Thank you licia for the recipe, I think I will use yours.  I will print it out.
Again, thank you very much.
Sandy


----------



## Robo410 (Jan 9, 2006)

canned products dop  have a shelf life, and if the milk comes out separated or lumpy...it should not be used. But tan and smooth is generally fine.  The other won't kill you, but why ruin a recipe.


----------



## spolous (Jan 9, 2006)

*Robo 410*

Robo,
Thank you, I needed to have that information.  I haven't worked that much with condensed milk.  As it was my fudge turned out runny and had to throw it away, so threw out the other can of milk.  I think they were too old.  Bought fresh cans and they worked 100% better.  Thank you so much for that information.

Sandy


----------



## CharlieD (Jan 9, 2006)

Hm, I don’t know about that, have never run across condensed milk that was too old.

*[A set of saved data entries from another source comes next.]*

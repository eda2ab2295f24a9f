// The pieces of work, by their names.
use bench_plan::NoWork;
use std::str::FromStr;

/// A piece of work.
#[derive(Clone, Copy, Debug)]
pub enum What {
    /// Open a file of so many pages.
    Open,
    /// Work on a store that is opened once.
    Store(StoreWork),
}

/// A piece of work on a store.
#[derive(Clone, Copy, Debug)]
pub enum StoreWork {
    /// Fetch so many pages, all of which are in the cache.
    Hot,
    /// Fetch so many pages, none of which is in the cache.
    Cold,
    /// Write so many pages, and commit them.
    Commit,
    /// Write so many pages under a mark, and go back to it.
    Undo,
    /// Edit each of so many pages once under a mark.
    First,
    /// Edit pages that were edited under the mark so many times.
    Again,
}

impl FromStr for What {
    type Err = NoWork;

    fn from_str(word: &str) -> Result<What, NoWork> {
        match word {
            "open" => Ok(What::Open),
            "hot" => Ok(What::Store(StoreWork::Hot)),
            "cold" => Ok(What::Store(StoreWork::Cold)),
            "commit" => Ok(What::Store(StoreWork::Commit)),
            "undo" => Ok(What::Store(StoreWork::Undo)),
            "first" => Ok(What::Store(StoreWork::First)),
            "again" => Ok(What::Store(StoreWork::Again)),
            _ => Err(NoWork),
        }
    }
}
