// Calls of a store. Each tests first what it requires.
ghost use Rattle.std.specs.Prelude.{◌≡◌, false, None, IsSome, OnOk};

use bench_plan::Stop;
use store_api::{Page, Pages, Store, put, stated_count};

// Where in a page bytes are written over.
const PLACE: usize = 1000;

/// Brings a page of the work to hand.
pub fn fetch<S: Pages>(store: &mut S, p: u32) -> Result<(), Stop>
    requires { (S.state store.old).ended ≡ false }
    ensures hand { OnOk result (IsSome (S.state store.new).hand) }
    ensures going { (S.state store.new).ended ≡ false }
    ensures marked { (S.state store.new).marked ≡ (S.state store.old).marked }
{
    if p >= store.count() {
        return Err(Stop::TooLarge);
    }
    store.fetch(p)?;
    Ok(())
}

/// Writes over a page of the work.
pub fn write<S: Pages>(store: &mut S, p: u32, bytes: &Page) -> Result<(), Stop>
    requires { (S.state store.old).ended ≡ false }
    ensures going { (S.state store.new).ended ≡ false }
    ensures marked { (S.state store.new).marked ≡ (S.state store.old).marked }
{
    if p >= store.count() {
        return Err(Stop::TooLarge);
    }
    store.write(p, bytes)?;
    Ok(())
}

/// Writes bytes over ten of a page of the work.
pub fn edit<S: Pages>(store: &mut S, p: u32, bytes: &[u8; 10]) -> Result<(), Stop>
    requires { (S.state store.old).ended ≡ false }
    ensures going { (S.state store.new).ended ≡ false }
    ensures marked { (S.state store.new).marked ≡ (S.state store.old).marked }
{
    if p >= store.count() {
        return Err(Stop::TooLarge);
    }
    put(store.edit(p)?, PLACE, bytes);
    Ok(())
}

/// Makes the work the base. Its page 0 must state how many pages there are.
pub fn commit<S: Store>(store: &mut S) -> Result<(), Stop>
    requires going { (S.state store.old).ended ≡ false }
    requires unmarked { (S.state store.old).marked ≡ None }
    ensures going { OnOk result ((S.state store.new).ended ≡ false) }
    ensures unmarked { OnOk result ((S.state store.new).marked ≡ None) }
{
    if store.count() == 0 {
        return Err(Stop::TooLarge);
    }
    store.fetch(0)?;
    if stated_count(store.page()) != store.count() {
        return Err(Stop::Uncounted);
    }
    store.prepare()?;
    store.commit()?;
    Ok(())
}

Even the outdated ones, that are maybe even a year or more pass due date work and taste just fine. And to throw it away is a total waste. It taste soooo good in coffee, or in black tea,mmm


----------



## Chatwon (Jan 9, 2006)

*Homemade Sweetened Condensed Milk*



			
				purrfectlydevine said:
			
		

> I think there is a recipe on the food network web site for making your own sweetened condensed milk.


 
Try these:

Sweetened Condensed Milk Substitute for Diabetics Recipe #143017 
http://www.recipezaar.com/143017

Sweetened Condensed Milk Substitute for Ordinary folks.
http://www.copykat.com/asp/emailrecipe.asp?recipe=320

Here is a wonderful page, all about subtitutes:
http://www.foodsubs.com/Dairyoth.html


----------



## spolous (Jan 9, 2006)

CharlieD,
One can was really thick and was more sticky than regualar scondenced M.  I used that for some fudge.  It made the fudge really sticky and on the runny side, it did not thicken.  The other can that I threw out had hardened along the sides and was on its way to turning black and it had thickened to hardness until it cracked in the middle.  So threw it out.  I work with food enough to know how to can and dehydrate and somewhat about milks, but haven't used that much sweetened condensed milk in my cooking.  So didn't want to take any chances.  Wheat stores forever.  Most can goods have about a 5 year shelf life.  I teach about food storage and have done so in many areas of the United States, but that canned milk could have been over 20 years old or maybe over 10 years old and didn't want to risk it.  Rice is hard to store, but you can, it is more likely to turn rancid.  I can in #10 cans (super large ones).  Plus I do home canning.  I was raised on a farm and was taught to can foods in the good years against the lean or bad years.  This milk just didn't look right to me.  That's why I asked about it.  Just some trivia: You can can books and games and important papers to prevent destruction.  You can actually can articles of clothing except for big and bulky items like coats or jackets or blankets...although you can do the emergency blankets that you can buy from Wal-Mart.  You can do photoes also.  Great to know in case of flooding or fire.
Sandy


----------



## spolous (Oct 26, 2008)

*Vegetarian recipes*



spolous said:


> Thank you licia for the recipe, I think I will use yours. I will print it out.
> Again, thank you very much.
> Sandy


 
Does anyone have any terrific recipes for vegetarians?
Thanks, 
Sandy


----------